YOUR GOAL ▸ Only lines containing the word "Prelude" belong in the answer; copy each one from the records.

= = = =

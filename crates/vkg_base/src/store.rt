ghost use Rattle.std.specs.Prelude.{◌≡◌, ◌≤◌, length, IfOk};
ghost use Rattle.vkg_base.specs.declared.store.LoadFault.TheVariants.{Memory as OutOfMemory};
ghost use Rattle.vkg_base.specs.Outside.{StoreState, LoadCounts, Gives};

use std::alloc::{AllocError, AllocFailed, Global};
use thiserror::Error;

/// Why a file was not loaded.
#[derive(Clone, Copy, Debug, Drop, Error, PartialEq, Eq)]
pub enum LoadFault {
    /// The store failed, and counted a fault.
    #[error("file not loaded")]
    Failed,
    /// An allocation was refused.
    #[error("out of memory")]
    Memory,
}

impl From<AllocError> for LoadFault {
    ghost from_gives = { λ _ e. e ≡ OutOfMemory };

    fn from(_: AllocError) -> Self {
        LoadFault::Memory
    }
}

impl<T: Drop> From<AllocFailed<T>> for LoadFault {
    ghost from_gives = { λ _ e. e ≡ OutOfMemory };

    fn from(_: AllocFailed<T>) -> Self {
        LoadFault::Memory
    }
}

/// A store of files, by name. It keeps the names that it was asked for and counts its faults.
pub trait Store {
    ghost state: { Self → StoreState };

    /// Gives the bytes of a file: where the store tells its files, those of the first file of this name, cut after the
    /// first `limit` of them.
    fn load(&mut self, alloc: Global, name: &str, limit: u64) -> Result<Vec<u8>, LoadFault>
        ensures files { (state self.new).files ≡ (state self.old).files }
        ensures counts { LoadCounts (state self.old) (state self.new) name.now result }
        ensures bytes { IfOk result (λ v. Gives (state self.old).files name.now limit v.items) }
        ensures limit { IfOk result (λ v. length v.items ≤ limit) };

    /// A number that who wrote the files cannot know, where the store has one: a seed for hashes. No clause speaks of it, and no answer
    /// may depend on it.
    fn seed(&self) -> u64 {
        0
    }
}
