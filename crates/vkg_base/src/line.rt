ghost use Rattle.std.specs.Prelude.{◌≡◌, ◌++◌, [], ◌∷◌, Some, refl, IfOk, bytes_eq, string_bytes};
ghost use Rattle.std.specs.Cmp.{partial_equiv_from_equiv};
ghost use Rattle.std.specs.Cmp.Lexicographic.{slice_cmp, nat_list_eq_equiv, nat_list_cmp_total, texts_ties, texts_po};
ghost use Rattle.std.specs.Ordering.{nat_cmp};

use crate::Memory;
use std::cmp::Ordering;
use std::marker::Model;

/// A line of text that is stored with its line feed and seen, compared and ordered without it.
#[derive(Drop)]
pub struct Line {
    bytes: String,
}

impl Model for Line {
    ghost use Rattle.std.specs.Prelude.{◌≡◌, List, ℕ, ◌++◌, [], ◌∷◌, string_bytes};
    ghost use Rattle.vkg_base.specs.Written.{text_of};

    ghost Value = { List ℕ };

    ghost view = { λ l. text_of (string_bytes l.bytes) };

    ghost invariant = { λ l. string_bytes l.bytes ≡ text_of (string_bytes l.bytes) ++ 10 ∷ [] };
}

impl Line {
    /// The line of this text.
    pub fn new(mut text: String) -> Result<Line, Memory>
        ensures { IfOk result (λ line. line ≡ string_bytes text) }
    {
        text.push('\n')?;
        Ok(Line { bytes: text })
    }

    /// The text and its line feed.
    pub fn as_bytes(&self) -> &[u8]
        ensures { result.now ≡ self.now ++ 10 ∷ [] }
    {
        self.bytes.as_bytes()
    }

    /// The text without its line feed.
    pub fn text(&self) -> &[u8]
        ensures { result.now ≡ self.now }
    {
        let bytes = self.bytes.as_bytes();
        &bytes[..bytes.len() - 1]
    }
}

impl PartialEq for Line {
    ghost eq = { λ a b. bytes_eq a b };

    ghost laws = { partial_equiv_from_equiv nat_list_eq_equiv };

    fn eq(&self, other: &Line) -> bool {
        self.text() == other.text()
    }
}

impl Eq for Line {
    ghost laws = { nat_list_eq_equiv };
}

impl PartialOrd for Line {
    ghost partial_cmp = { λ a b. Some (slice_cmp nat_cmp a b) };

    ghost laws = { texts_po };

    fn partial_cmp(&self, other: &Line) -> Option<Ordering> {
        Some(self.cmp(other))
    }
}

impl Ord for Line {
    ghost cmp = { λ a b. slice_cmp nat_cmp a b };

    ghost total = { nat_list_cmp_total };

    ghost matches_partial_cmp = { λ a b. refl };

    ghost matches_eq = { λ a b. texts_ties a b };

    fn cmp(&self, other: &Line) -> Ordering {
        self.text().cmp(other.text())
    }
}
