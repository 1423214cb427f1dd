ghost use Rattle.std.specs.Prelude.{◌≡◌, IfOk};

use crate::Memory;
use std::alloc::Global;
use std::boxed;
use std::marker::Model;
use std::ops::Deref;

/// A value on the heap. It is seen as the value itself, so that a copy equals what it copies, and a type may hold itself
/// in it.
#[derive(Debug, Drop)]
pub struct Box<T> {
    inner: boxed::Box<T>,
}

impl<T> Model for Box<T> {
    ghost Value = { T };

    ghost coded = { T.code };

    ghost view = { λ b. b.inner.value };
}

impl<T> Box<T> {
    /// The value, off the heap.
    pub fn into_inner(self) -> T
        ensures { result ≡ self }
    {
        let Box { inner } = self;
        boxed::Box::into_inner(inner)
    }
}

impl<T: Drop> Box<T> {
    /// Puts a value on the heap.
    pub fn new(alloc: Global, value: T) -> Result<Box<T>, Memory>
        ensures { IfOk result (λ b. b ≡ value) }
    {
        Ok(Box {
            inner: boxed::Box::new(alloc, value)?,
        })
    }
}

impl<T> Deref for Box<T> {
    type Target = T;

    fn deref(&self) -> &T
        ensures { result.now ≡ self.now }
    {
        &self.inner
    }
}
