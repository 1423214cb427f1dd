ghost use Rattle.std.specs.Prelude.{◌≡◌, [], nat_eq, find, is_ok, IfOk, OnOk, OnErr};
ghost use Rattle.std.specs.Option.{option_copied};
ghost use Rattle.vkg_base.specs.InMemory.{seen, listed, count_taken, is_whole, takes_all, after_write};
ghost use Rattle.vkg_base.specs.Outside.{Took, Broke};

use crate::{Failed, Memory, Sink};
use std::alloc::Global;
use std::marker::Model;

/// A sink in memory, with room for so many bytes. A listed write takes as many bytes as it is told, but no more than its
/// piece has and than there is room for, and fails; one past the room takes what fits and fails.
#[derive(Drop)]
pub struct MemSink {
    taken: Vec<u8>,
    room: usize,
    failing: Vec<(u64, usize)>,
    writes: u64,
    faults: u64,
}

impl Model for MemSink {
    ghost use Rattle.std.specs.Prelude.{◌≤◌, vec_len, vec_capacity};
    ghost use Rattle.vkg_base.specs.InMemory.{MemSinkState};

    ghost Value = { MemSinkState };

    ghost view = { λ s. record { taken = s.taken.items; room = s.room; failing = s.failing.items; writes = s.writes; faults = s.faults } };

    ghost invariant = { λ s. (vec_len s.taken ≤ s.room) × (s.room ≤ vec_capacity s.taken) };
}

impl MemSink {
    /// An empty sink with room for `room` bytes, and for each listed write its number, from 1, and how many bytes of its
    /// piece it takes at most.
    pub fn with_room(
        alloc: Global,
        room: usize,
        failing: Vec<(u64, usize)>,
    ) -> Result<MemSink, Memory>
        ensures { IfOk result (λ s. s ≡ record { taken = []; room = room; failing = failing.items; writes = 0; faults = 0 }) }
    {
        let taken = Vec::with_capacity(alloc, room)?;
        Ok(MemSink {
            taken,
            room,
            failing,
            writes: 0,
            faults: 0,
        })
    }

    /// How many writes failed.
    pub fn faults(&self) -> u64
        ensures { result ≡ self.now.faults }
    {
        self.faults
    }

    /// The bytes that were taken.
    pub fn taken(&self) -> &[u8]
        ensures { result.now ≡ self.now.taken }
    {
        &self.taken
    }
}

// The entry of a listed write.
fn find_entry(failing: &[(u64, usize)], write: u64) -> Option<&(u64, usize)>
    ensures { option_copied result ≡ find (λ entry. nat_eq entry.0 write) failing.now }
{
    failing.iter().find(|entry| entry.0 == write)
}

// How many bytes a write takes, if it is listed.
fn told(failing: &[(u64, usize)], write: u64) -> Option<usize>
    ensures { result ≡ listed failing.now write }
{
    match find_entry(failing, write) {
        Some(entry) => Some(entry.1),
        None => None,
    }
}

// How many bytes a write takes, and whether it takes its whole piece.
fn part(told: Option<usize>, len: usize, free: usize) -> (usize, bool)
    ensures count { result.0 ≡ count_taken told len free }
    ensures whole { result.1 ≡ is_whole told len free }
{
    match told {
        Some(told) => (told.min(len.min(free)), false),
        None => (len.min(free), len <= free),
    }
}

impl Sink for MemSink {
    ghost state = { seen };

    fn write(&mut self, piece: &[u8]) -> Result<(), Failed>
        ensures ok { OnOk result (Took (seen self.old) (seen self.new) piece.now) }
        ensures failed { OnErr result (Broke (seen self.old) (seen self.new) piece.now) }
        ensures whole { is_ok result ≡ takes_all self.old piece.now }
        ensures exactly { self.new ≡ after_write self.old piece.now }
    {
        self.writes = self.writes.saturating_add(1);
        let free = self.room - self.taken.len();
        let told = told(&self.failing, self.writes);
        let (count, whole) = part(told, piece.len(), free);
        self.taken.extend_from_slice(&piece[..count]).unwrap();
        if whole {
            return Ok(());
        }
        self.faults = self.faults.saturating_add(1);
        Err(Failed)
    }
}
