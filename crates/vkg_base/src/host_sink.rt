ghost use Rattle.std.specs.Prelude.{◌≡◌, ◌≤◌, ◌-◌, take, length};
ghost use Rattle.std.specs.Io.KnownBytes.{Appends};

use crate::{Failed, Sink};
use std::io::Write;
use std::marker::Model;

/// A writer of the system, as the standard output. What it took is told as far as the writer tells what it holds.
#[derive(Drop)]
pub struct HostSink<W: Write + Drop> {
    writer: W,
    faults: u64,
}

impl<W: Write + Drop> Model for HostSink<W> {
    ghost use Rattle.vkg_base.specs.Outside.{SinkState};

    ghost Value = { SinkState };

    ghost view = { λ s. record { taken = W.contents s.writer; faults = s.faults } };
}

impl<W: Write + Drop> HostSink<W> {
    /// A sink over this writer, with no fault so far.
    pub fn new(writer: W) -> HostSink<W>
        ensures taken { result.taken ≡ W.contents writer }
        ensures faults { result.faults ≡ 0 }
    {
        HostSink { writer, faults: 0 }
    }
}

impl<W: Write + Drop> Sink for HostSink<W> {
    ghost state = { λ s. s };

    fn write(&mut self, piece: &[u8]) -> Result<(), Failed> {
        let left = write_until(&mut self.writer, piece);
        if left == 0 {
            return Ok(());
        }
        self.faults = self.faults.saturating_add(1);
        Err(Failed)
    }
}

// Writes piece by piece, as many times as there are bytes at most, and says how many bytes are left.
fn write_until<W: Write>(writer: &mut W, piece: &[u8]) -> usize
    ensures left { result ≤ length piece.now }
    ensures bytes { Appends (W.contents writer.old) (W.contents writer.new) (take (length piece.now - result) piece.now) }
{
    let mut done = 0;
    for _ in 0..piece.len() {
        if done == piece.len() {
            break;
        }
        match writer.write(&piece[done..]) {
            Ok(0) | Err(_) => break,
            Ok(count) => done += count,
        }
    }
    piece.len() - done
}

= = = =

FINISHED TASK ▸
ghost use Rattle.std.specs.Prelude.{◌≡◌, ◌≤◌, length, IfOk};
ghost use Rattle.std.specs.Prelude.{◌≡◌, ◌++◌, [], ◌∷◌, Some, refl, IfOk, bytes_eq, string_bytes};
    ghost use Rattle.std.specs.Prelude.{◌≡◌, List, ℕ, ◌++◌, [], ◌∷◌, string_bytes};
ghost use Rattle.std.specs.Prelude.{◌≡◌, IfOk};
ghost use Rattle.std.specs.Prelude.{◌≡◌, [], nat_eq, find, is_ok, IfOk, OnOk, OnErr};
    ghost use Rattle.std.specs.Prelude.{◌≤◌, vec_len, vec_capacity};
ghost use Rattle.std.specs.Prelude.{◌≡◌, ◌≤◌, ◌-◌, take, length};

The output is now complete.